■0821■
レンタルで、『コンプライアンス 服従の心理』。アメリカのファストフード店に、警察官を名乗る男から電話がかかってくる。若い女性店員が客から金を盗んだと嫌疑をかけられ、女性店長は警察官に言われたとおり、彼女を丸裸にしてしまう。
ここに貼った写真のように、ファストフード店のディテールが繊細に切り取られ、この小さな事件に緊張感を加えていく。例えば、ストローの内側に溜まった水滴、駐車場のすみに溶けのこった雪など……。

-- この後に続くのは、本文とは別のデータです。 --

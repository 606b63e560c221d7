//! Whether the marks of commits are as many as the nodes, never fall, and follow from what is held.

ghost use Rattle.std.specs.Prelude.{◌≡◌, ◌↔◌, ◌≤ℤ◌, IsTrue, length};
ghost use Rattle.std.specs.List.{All};
ghost use Rattle.beam_values.specs.Checked.{IsChecked};
ghost use Rattle.beam_values.specs.Marks.{AreMarks};
ghost use Rattle.watermarks.specs.Holds.{hold_at};
ghost use Rattle.piece_checks.specs.MarksOfCommits.{IsRising, NeverFall, NoneFalls};

use beam_values::{CommitMarks, Mark, Plan, StageMarks};
use watermarks::marks_of_node;

/// Whether each commit has one pair of marks for each of so many nodes.
pub fn are_marks_sized(nodes: usize, commits: &[CommitMarks]) -> bool
    ensures { IsTrue result ↔ All (λ commit. length commit.marks ≡ nodes) commits.now }
{
    commits
        .iter()
        .all(|commit| commit.marks.get().len() == nodes)
}

/// Whether no mark falls from one commit to the next.
pub fn never_fall(nodes: usize, commits: &[CommitMarks]) -> bool
    requires { All (λ commit. length commit.marks ≡ nodes) commits.now }
    ensures { IsTrue result ↔ NeverFall commits.now }
{
    for next in 1..commits.len() {
        let before = commits[next - 1].marks.get();
        let after = commits[next].marks.get();
        if !none_falls(before.as_slice(), after.as_slice()) {
            return false;
        }
    }
    true
}

fn none_falls(before: &[StageMarks], after: &[StageMarks]) -> bool
    requires { length before.now ≡ length after.now }
    ensures { IsTrue result ↔ NoneFalls before.now after.now }
{
    for (n, old) in before.iter().enumerate() {
        if !is_rising(*old, after[n]) {
            return false;
        }
    }
    true
}

fn is_rising(old: StageMarks, new: StageMarks) -> bool
    ensures { IsTrue result ↔ IsRising old new }
{
    old.mark_in.ms() <= new.mark_in.ms() && old.mark_out.ms() <= new.mark_out.ms()
}

/// Whether these are the marks of all nodes, where `holds` has the least hold of each, or FINAL.
pub fn are_marks(plan: &Plan, holds: &[Mark], marks: &[StageMarks]) -> bool
    requires checked { IsChecked plan.now }
    requires holds { length holds.now ≡ length plan.now.nodes }
    requires marks { length marks.now ≡ length plan.now.nodes }
    ensures { IsTrue result ↔ AreMarks plan.now (hold_at holds.now) marks.now }
{
    for (n, node) in plan.nodes.as_slice().iter().enumerate() {
        if !is_same(marks[n], marks_of_node(node, holds[n], marks)) {
            return false;
        }
    }
    true
}

fn is_same(a: StageMarks, b: StageMarks) -> bool
    ensures { IsTrue result ↔ (a ≡ b) }
{
    a.mark_in == b.mark_in && a.mark_out == b.mark_out
}
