ghost use Rattle.std.specs.Prelude.{◌≡◌, ◌<◌, true};
ghost use Rattle.beam_values.specs.Checked.{is_state_allowed};

use crate::functions::{say_faults, say_outputs};
use crate::steps::Called;
use beam_values::{Args, List, LogInput, Span, StateKind, Timer, Value};
use case_files::{Case, read_element, read_state, read_value};
use dofn_library::{StateWork, Strict, work};
use dofn_traits::StatefulFn;
use keyed_state::KeyState;
use timer_core::Timers;
use windowing::GREATEST_LENGTH;

// A function with state, and the state and the timers of one key and window.
#[derive(Drop)]
struct KeyCell<W> {
    object: Strict<W>,
    key: Value,
    span: Span,
    state: KeyState,
    timers: Timers,
}

/// What a function with state gives and leaves, call after call, and how many faults it counted:
/// `FUNCTION ARGUMENT KEY WINDOW; CALL; CALL`.
pub fn answer_stateful(case: &mut Case<'_>) {
    match read_state(case) {
        StateKind::Dedupe => call_each::<work::Dedupe>(&Args::Nothing, case),
        StateKind::RunningSum => call_each::<work::RunningSum>(&Args::Nothing, case),
        StateKind::BatchUntil => {
            let count = case.number::<i64>().clamp(1, 1_000_000);
            call_each::<work::BatchUntil>(&Args::Number(count), case);
        }
        StateKind::LatestThenEmit => {
            let delay = case.number::<i64>().clamp(0, GREATEST_LENGTH);
            call_each::<work::LatestThenEmit>(&Args::Number(delay), case);
        }
    }
}

fn call_each<W: StateWork + Send + Drop>(args: &Args, case: &mut Case<'_>)
    requires { is_state_allowed W.work args.now ≡ true }
{
    let mut cell = KeyCell {
        object: Strict::<W>::new(case.alloc()),
        key: read_value(case),
        span: case.span(),
        state: KeyState::new(case.alloc()),
        timers: Timers::new(),
    };
    for _ in 0..case.left() {
        if !case.takes(b';') {
            break;
        }
        take_step(&mut cell, args, case);
    }
    say_faults(cell.object.faults(), case);
}

// `element ELEMENT`, `timer NAME TIME`, or what was there before: `set NAME TIME` of the timers, or a change of the state.
fn take_step<W: StateWork + Send + Drop>(cell: &mut KeyCell<W>, args: &Args, case: &mut Case<'_>)
    requires { is_state_allowed W.work args.now ≡ true }
{
    match case.word() {
        "element" => {
            let e = read_element(case);
            call(cell, args, &LogInput::Arrived(e), case);
        }
        "timer" => {
            let timer = Timer {
                name: case.name(),
                time: case.time(),
            };
            call(cell, args, &LogInput::Fired(timer), case);
        }
        "set" => cell.timers.call("set", case),
        name => cell.state.call(name, case),
    }
}

fn call<W: StateWork + Send + Drop>(
    cell: &mut KeyCell<W>,
    args: &Args,
    input: &LogInput,
    case: &mut Case<'_>,
)
    requires { is_state_allowed W.work args.now ≡ true }
{
    let mut out = List::new(case.alloc());
    let answer = cell.object.call(
        args,
        &cell.key,
        cell.span,
        input,
        &mut cell.state,
        &mut cell.timers,
        &mut out,
    );
    let is_ok = answer.is_ok();
    say_outputs(answer, out.as_slice(), case);
    if is_ok {
        say_kept(&cell.state, &cell.timers, case);
    }
}

// The cells and the timers that are set.
fn say_kept(state: &KeyState, timers: &Timers, case: &mut Case<'_>) {
    for name in 0..8 {
        say_cell(state, name, case);
    }
    for name in 0..8 {
        if let Some(time) = timers.time(name) {
            say_part("timer", name, case);
            case.say_number(time.ms());
        }
    }
}

fn say_cell(state: &KeyState, name: u8, case: &mut Case<'_>)
    requires { name < 8 }
{
    if let Some(number) = state.number(name) {
        say_part("number", name, case);
        case.say_number(number);
    }
    match state.bag(name) {
        Ok(Some(values)) => {
            say_part("bag", name, case);
            for value in values.as_slice() {
                case.say_value(value);
            }
        }
        Ok(None) => {}
        Err(refused) => case.no_memory(refused),
    }
    if let Some(bytes) = state.bytes(name) {
        say_part("bytes", name, case);
        case.say_text(bytes);
    }
}

fn say_part(kind: &str, name: u8, case: &mut Case<'_>) {
    case.say("|");
    case.say(kind);
    case.say_number(name);
}
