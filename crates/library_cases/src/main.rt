//! Worked cases of the small libraries and of the functions, as data: what calls answer, worked out by hand.
//!
//! The cases stand in the files of `data/`, and the program runs those that it is given the names of: it
//! answers each case with the library, prints each that has another answer or that can't be read, and ends
//! with status 0 only where there was none; 1 means that a case failed, 2 that there was no case at all. A
//! case costs nothing to prove: to add one, write it into a file of `data/` and raise that file's count and
//! the sum in `stdout`. `docs/CASES.md` has the form of each kind; a new kind goes into `answer.rt`.
#![tactic(auto)]

mod answer;
mod coders;
mod functions;
mod grouping;
mod holds;
mod keyed;
mod lines;
mod lists;
mod outcomes;
mod pieces;
mod ports;
mod sessions;
mod sizes;
mod sources;
mod states;
mod steps;
mod timers;
mod trackers;
mod windows;

use answer::Libraries;
use case_files::{Tally, print_all, run_file};
use std::process::ExitCode;
use std::{env, io};

fn main(rt: HostRuntime) -> io::Result<ExitCode> {
    let mut words = env::args(&rt)?;
    let _program = words.next();
    let mut all = Tally::NONE;
    for name in words {
        all = all.and(run_file(&rt, name.as_str(), &Libraries)?);
    }
    print_all(&rt, all)
}
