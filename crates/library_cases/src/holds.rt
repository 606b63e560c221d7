use crate::steps::Called;
use case_files::{Case, read_mark, say_mark};
use watermarks::Holds;

impl Called for Holds {
    fn call(&mut self, name: &str, case: &mut Case<'_>) {
        match name {
            "keep_room" => {
                let places = case.number();
                if let Err(refused) = self.keep_room(places) {
                    case.no_memory(refused);
                }
            }
            "add" => {
                let mark = read_mark(case);
                if let Err(refused) = self.add(mark) {
                    case.no_memory(refused);
                }
            }
            "remove_least" => remove_least(self, case),
            "least" => match self.least() {
                Some(least) => say_mark(least, case),
                None => case.say("none"),
            },
            "least_or_final" => say_mark(self.least_or_final(), case),
            _ => case.fail("holds have no such call"),
        }
    }
}

fn remove_least(holds: &mut Holds, case: &mut Case<'_>) {
    match holds.least() {
        Some(least) => holds.remove(least),
        None => case.fail("nothing is held"),
    }
}
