//! Whether ranges and dead positions fill the items, with nothing held twice or left out.

ghost use Rattle.std.specs.Prelude.{◌≡◌, ◌≤◌, ◌∷◌, List, ℕ, length, drop, nat_lt, IfOk, IfSome, IsTrue, ◌↔◌};
ghost use Rattle.std.specs.List.{filter};
ghost use Rattle.piece_checks.specs.Tiles.{fills, fills_on, has_offsets, is_next, AreItemsAscending, AreTiled};
ghost use Rattle.piece_checks.specs.declared.parts.Part.{Part as PartOf};

use crate::parts::{Part, parts_in_order};
use beam_values::{Dead, Done, FileLen, NoMemory, Piece};
use std::alloc::Global;

/// Whether each offset of each item lies in one pending or one done range or is one dead position, and not
/// two of these; and whether no other offset does. Empty ranges hold no offset, so they may lie anywhere.
pub fn are_tiled(
    alloc: Global,
    files: &[FileLen],
    pending: &[Piece],
    done: &[Done],
    dead: &[Dead],
) -> Result<bool, NoMemory>
    requires { AreItemsAscending files.now }
    ensures { IfOk result
        (λ is. IsTrue is ↔ AreTiled files.now pending.now done.now dead.now) }
{
    let items = with_offsets(alloc, files)?;
    let parts = parts_in_order(alloc, pending, done, dead)?;
    Ok(fill(items.as_slice(), parts.as_slice()))
}

fn with_offsets(alloc: Global, files: &[FileLen]) -> Result<Vec<FileLen>, NoMemory>
    ensures { IfOk result (λ items. items.items ≡ filter has_offsets files.now) }
{
    let items = files
        .iter()
        .filter(|file| 0 < file.len)
        .copied()
        .collect(alloc)?;
    Ok(items)
}

/// Whether parts in order, one behind another, are the items whole.
fn fill(items: &[FileLen], parts: &[Part]) -> bool
    ensures { result ≡ fills items.now 0 parts.now }
{
    let mut front = Front { place: 0, at: 0 };
    for part in parts {
        let Some(next) = step(items, front, part) else {
            return false;
        };
        front = next;
    }
    front.place == items.len()
}

/// How far the items are filled: the place of the first one that isn't, and its first offset that no
/// part was.
#[derive(Clone, Copy, Debug)]
struct Front {
    place: usize,
    at: u64,
}

/// How far they are filled with one more part; `None` where it isn't the next one.
fn step(items: &[FileLen], front: Front, part: &Part) -> Option<Front>
    requires { front.place ≤ length items.now }
    ensures within { IfSome result (λ next. next.place ≤ length items.now) }
    ensures fills { (parts : List PartOf) → fills (drop front.place items.now) front.at (part.now ∷ parts)
        ≡ fills_on items.now result parts }
{
    let item = items.get(front.place)?;
    if !is_next(item, front.at, part) {
        return None;
    }
    let len = item.len;
    let at = part.last + 1;
    if at == len {
        return Some(Front {
            place: front.place + 1,
            at: 0,
        });
    }
    Some(Front {
        place: front.place,
        at,
    })
}

/// Whether a part is of an item, begins at an offset of it and doesn't pass its end.
fn is_next(item: &FileLen, at: u64, part: &Part) -> bool
    ensures { result ≡ is_next item.now at part.now }
{
    part.node == item.node && part.item == item.item && part.first == at && part.last < item.len
}
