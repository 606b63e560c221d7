//! Whether lists are in their orders.

ghost use Rattle.std.specs.Prelude.{◌≡◌, ◌↔◌, IsTrue};
ghost use Rattle.std.specs.List.Sorted.{IsSorted};
ghost use Rattle.std.specs.Ordering.{on, then_cmp, nat_cmp};
ghost use Rattle.beam_values.specs.Cells.{pane_cmp, span_cmp};
ghost use Rattle.beam_values.specs.Grouping.{key_of};
ghost use Rattle.beam_values.specs.Orders.{value_cmp};
ghost use Rattle.split_core.specs.Order.{piece_cmp, IsAscending};
ghost use Rattle.piece_checks.specs.Orders.{dead_cmp, done_cmp};

use beam_values::{Dead, Done, Pane, Piece, cmp_keys, cmp_spans};
use std::cmp::Ordering;

/// Whether pieces are in the order in which they are taken.
pub fn are_pieces_in_order(pieces: &[Piece]) -> bool
    ensures { IsTrue result ↔ IsAscending pieces.now }
{
    pieces.is_sorted_by(|a, b| !cmp_pieces(b, a).is_lt())
}

/// Whether done ranges are in order: by node, item and range.
pub fn are_done_in_order(done: &[Done]) -> bool
    ensures { IsTrue result ↔ IsSorted done_cmp done.now }
{
    done.is_sorted_by(|a, b| !cmp_done(b, a).is_lt())
}

/// Whether dead positions are in order: by node, item and position.
pub fn are_dead_in_order(dead: &[Dead]) -> bool
    ensures { IsTrue result ↔ IsSorted dead_cmp dead.now }
{
    dead.is_sorted_by(|a, b| !cmp_dead(b, a).is_lt())
}

/// Whether panes are in order: by commit, and those of a commit by node, key and window.
pub fn are_panes_in_order(panes: &[Pane]) -> bool
    ensures { IsTrue result ↔ IsSorted pane_cmp panes.now }
{
    panes.is_sorted_by(|a, b| !cmp_panes(b, a).is_lt())
}

fn cmp_pieces(a: &Piece, b: &Piece) -> Ordering
    ensures { result ≡ piece_cmp a.now b.now }
{
    let by_node = a.node.cmp(&b.node);
    let by_item = a.item.cmp(&b.item);
    let by_from = a.range.from().cmp(&b.range.from());
    let by_to = a.range.to().cmp(&b.range.to());
    let by_seen = a.seen.ms().cmp(&b.seen.ms());
    let by_attempts = a.attempts.cmp(&b.attempts);
    by_node.then(by_item.then(by_from.then(by_to.then(by_seen.then(by_attempts)))))
}

fn cmp_done(a: &Done, b: &Done) -> Ordering
    ensures { result ≡ done_cmp a.now b.now }
{
    let by_node = a.node.cmp(&b.node);
    let by_item = a.item.cmp(&b.item);
    let by_from = a.range.from().cmp(&b.range.from());
    let by_to = a.range.to().cmp(&b.range.to());
    by_node.then(by_item.then(by_from.then(by_to)))
}

fn cmp_dead(a: &Dead, b: &Dead) -> Ordering
    ensures { result ≡ dead_cmp a.now b.now }
{
    let by_node = a.node.cmp(&b.node);
    let by_item = a.item.cmp(&b.item);
    let by_at = a.at.cmp(&b.at);
    by_node.then(by_item.then(by_at))
}

fn cmp_panes(a: &Pane, b: &Pane) -> Ordering
    ensures { result ≡ pane_cmp a.now b.now }
{
    match a.commit.cmp(&b.commit) {
        Ordering::Equal => cmp_panes_of_commit(a, b),
        decided => decided,
    }
}

fn cmp_panes_of_commit(a: &Pane, b: &Pane) -> Ordering
    ensures { result ≡ then_cmp (on (λ pane. pane.node) nat_cmp)
        (then_cmp (on (λ pane. key_of pane.element) value_cmp)
        (on (λ pane. pane.element.span) span_cmp)) a.now b.now }
{
    match a.node.cmp(&b.node) {
        Ordering::Equal => cmp_panes_of_node(a, b),
        decided => decided,
    }
}

fn cmp_panes_of_node(a: &Pane, b: &Pane) -> Ordering
    ensures { result ≡ then_cmp (on (λ pane. key_of pane.element) value_cmp)
        (on (λ pane. pane.element.span) span_cmp) a.now b.now }
{
    match cmp_keys(&a.element, &b.element) {
        Ordering::Equal => cmp_spans(a.element.span, b.element.span),
        decided => decided,
    }
}
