//! Tests of the plain lists of a book that was stored: whether ranges fill the items, what orders,
//! attempts and marks are, and where panes are held.
//!
//! A book that is made of stored lists may be any, so each fact that a book has is tested first. Each test
//! says yes exactly where its fact in `specs/` holds, so that who makes the book has the fact, and a book
//! that has it is never refused. A test changes nothing and stores nothing; where it takes memory, it says
//! so. Read `tiles.rt` first.
#![tactic(auto)]

mod attempts;
mod listed;
mod marks;
mod orders;
mod parts;
mod places;
mod tiles;

pub use attempts::{Faults, are_faults_enough, are_pieces_tried, is_tried};
pub use listed::{are_dead_listed, are_done_listed, are_pieces_listed};
pub use marks::{are_marks, are_marks_sized, never_fall};
pub use orders::{are_dead_in_order, are_done_in_order, are_panes_in_order, are_pieces_in_order};
pub use places::{HeldPlace, are_held_once, ascend};
pub use tiles::are_tiled;
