ghost use Rattle.std.specs.Prelude.{◌<◌, length};

use crate::steps::Called;
use beam_ports::{Failed, MemorySink, MemoryStore, OpenRefusal, Sink, Store};
use beam_values::{FileText, List, NoMemory};
use case_files::Case;

/// A store with the files `NAME TEXT NAME TEXT`, and the calls that fail.
pub fn read_store(case: &mut Case<'_>) -> MemoryStore {
    let mut files = List::new(case.alloc());
    for _ in 0..case.left() {
        if !case.shows(b'"') {
            break;
        }
        let name = case.text();
        let bytes = case.text();
        case.keep(&mut files, FileText { name, bytes });
    }
    MemoryStore::new(files, read_failing(case))
}

/// A sink with the most bytes that it takes a call, and the calls that fail.
pub fn read_sink(case: &mut Case<'_>) -> MemorySink {
    let most = case.number::<usize>().max(1);
    MemorySink::new(case.alloc(), most, read_failing(case))
}

// The numbers of the calls that fail as `fails N N`, where there are any, and the `;` after them.
fn read_failing(case: &mut Case<'_>) -> List<u64> {
    let mut failing = List::new(case.alloc());
    if case.takes(b';') {
        return failing;
    }
    if case.word() != "fails" {
        case.fail("failing calls are `fails N N`");
    }
    for _ in 0..case.left() {
        if case.takes(b';') {
            break;
        }
        let call = case.number();
        case.keep(&mut failing, call);
    }
    failing
}

impl Called for MemoryStore {
    fn call(&mut self, name: &str, case: &mut Case<'_>) {
        match name {
            "read" => read(self, case),
            "faults" => case.say_number(self.faults()),
            _ => case.fail("a store has no such call"),
        }
    }
}

// Opens a file and reads of it into a buffer: its number, its length, how many bytes were read, and what
// is in the buffer then.
fn read(store: &mut MemoryStore, case: &mut Case<'_>) {
    let name = case.text();
    let at = case.number();
    let text = case.text();
    let Ok(mut buf) = Vec::from_slice(case.alloc(), text.as_slice()) else {
        return case.no_memory(NoMemory);
    };
    match open_and_read(store, name.as_slice(), at, buf.as_mut_slice()) {
        Ok((file, len, count)) => {
            case.say_number(file);
            case.say_number(len);
            case.say_number(count as u64);
        }
        Err(OpenRefusal::Absent) => case.say("absent"),
        Err(OpenRefusal::Failed) => case.say("failed"),
    }
    case.say_text(buf.as_slice());
}

fn open_and_read<S: Store>(
    store: &mut S,
    name: &[u8],
    at: u64,
    buf: &mut [u8],
) -> Result<(u32, u64, usize), OpenRefusal> {
    let opened = store.open_file(name)?;
    match store.read_at(opened.file, at, buf) {
        Ok(count) => Ok((opened.file, opened.len, count)),
        Err(Failed) => Err(OpenRefusal::Failed),
    }
}

impl Called for MemorySink {
    fn call(&mut self, name: &str, case: &mut Case<'_>) {
        match name {
            "write" => write(self, case),
            "taken" => case.say_text(self.taken()),
            "faults" => case.say_number(self.faults()),
            _ => case.fail("a sink has no such call"),
        }
    }
}

fn write(sink: &mut MemorySink, case: &mut Case<'_>) {
    let bytes = case.text();
    if bytes.is_empty() {
        return case.fail("a write has a byte");
    }
    match write_to(sink, bytes.as_slice()) {
        Ok(count) => case.say_number(count as u64),
        Err(Failed) => case.say("failed"),
    }
}

fn write_to<W: Sink>(sink: &mut W, bytes: &[u8]) -> Result<usize, Failed>
    requires { 0 < length bytes.now }
{
    sink.write(bytes)
}
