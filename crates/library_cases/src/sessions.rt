use crate::steps::Called;
use beam_values::Span;
use case_files::Case;
use session_merge::SessionSet;

impl Called for SessionSet {
    fn call(&mut self, name: &str, case: &mut Case<'_>) {
        match name {
            "insert" => insert(self, case),
            "remove" => {
                let span = case.span();
                case.say_bool(self.remove(span));
            }
            "spans" => say_spans(self.spans(), case),
            _ => case.fail("sessions have no such call"),
        }
    }
}

// The window that stands then, and those that it took.
fn insert(sessions: &mut SessionSet, case: &mut Case<'_>) {
    let span = case.span();
    match sessions.insert(span) {
        Ok(merged) => {
            case.say_span(merged.span);
            for absorbed in merged.absorbed.as_slice() {
                case.say_span(*absorbed);
            }
        }
        Err(refused) => case.no_memory(refused),
    }
}

fn say_spans(spans: &[Span], case: &mut Case<'_>) {
    for span in spans {
        case.say_span(*span);
    }
    if spans.is_empty() {
        case.say("none");
    }
}
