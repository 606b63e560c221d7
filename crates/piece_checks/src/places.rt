//! Whether the panes that aren't through are panes of the run, and each is held at one place.

ghost use Rattle.std.specs.Prelude.{◌≡◌, ◌↔◌, ℕ, ◌==◌, IfOk, IsTrue};
ghost use Rattle.piece_checks.specs.Places.{Ascend, AreHeldOnce, IsHeldAt};
ghost use Rattle.piece_checks.specs.declared.places.HeldPlace.{HeldPlace as HeldPlaceOf};

use beam_values::{NoMemory, Pane};
use std::alloc::Global;

/// A pane that isn't through: its place among the panes of the run, and the Group at which it is held.
#[derive(Clone, Copy, Debug, PartialEq, Eq)]
pub struct HeldPlace {
    pub node: u32,
    pub pane: u32,
}

/// Whether each that is held is a pane of its Group, and none is held twice.
pub fn are_held_once(alloc: Global, panes: &[Pane], held: &[HeldPlace]) -> Result<bool, NoMemory>
    ensures { IfOk result (λ is. IsTrue is ↔ AreHeldOnce panes.now held.now) }
{
    let mut seen = vec![in alloc; false; panes.len()]?;
    for place in held {
        if !is_held_at(panes, place) || seen[place.pane as usize] {
            return Ok(false);
        }
        seen[place.pane as usize] = true;
    }
    Ok(true)
}

fn is_held_at(panes: &[Pane], held: &HeldPlace) -> bool
    ensures { IsTrue result ↔ IsHeldAt panes.now held.now }
{
    match panes.get(held.pane as usize) {
        Some(pane) => pane.node == held.node,
        None => false,
    }
}

/// Whether places rise, so that none stands twice.
pub fn ascend(places: &[u32]) -> bool
    ensures { IsTrue result ↔ Ascend places.now }
{
    places.is_sorted_by(|a, b| a < b)
}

電話で指図を受けた人々は、羞恥心と好奇心を引き出され、こじんまりとした人間関係にヒビが入っていく。事件後、裸にされた女性店員は犯人ではなく、店長を訴えようと考える。
もはや若いとはいえない女性店長が、雑談をしている顔のアップで、映画は終わる。やや深刻な立場に追い込まれつつあるというのに、不思議なもので、そういうときにかぎって人間は笑い出してしまう。その得体の知れない笑いの表情には、異様な迫力がある。
人間を卑下せず、その不思議さに迫ろうとする映画には温かみを感じる。たまには、こういう映画に振り回されないと、心のバランスがどうにかなりそうだ。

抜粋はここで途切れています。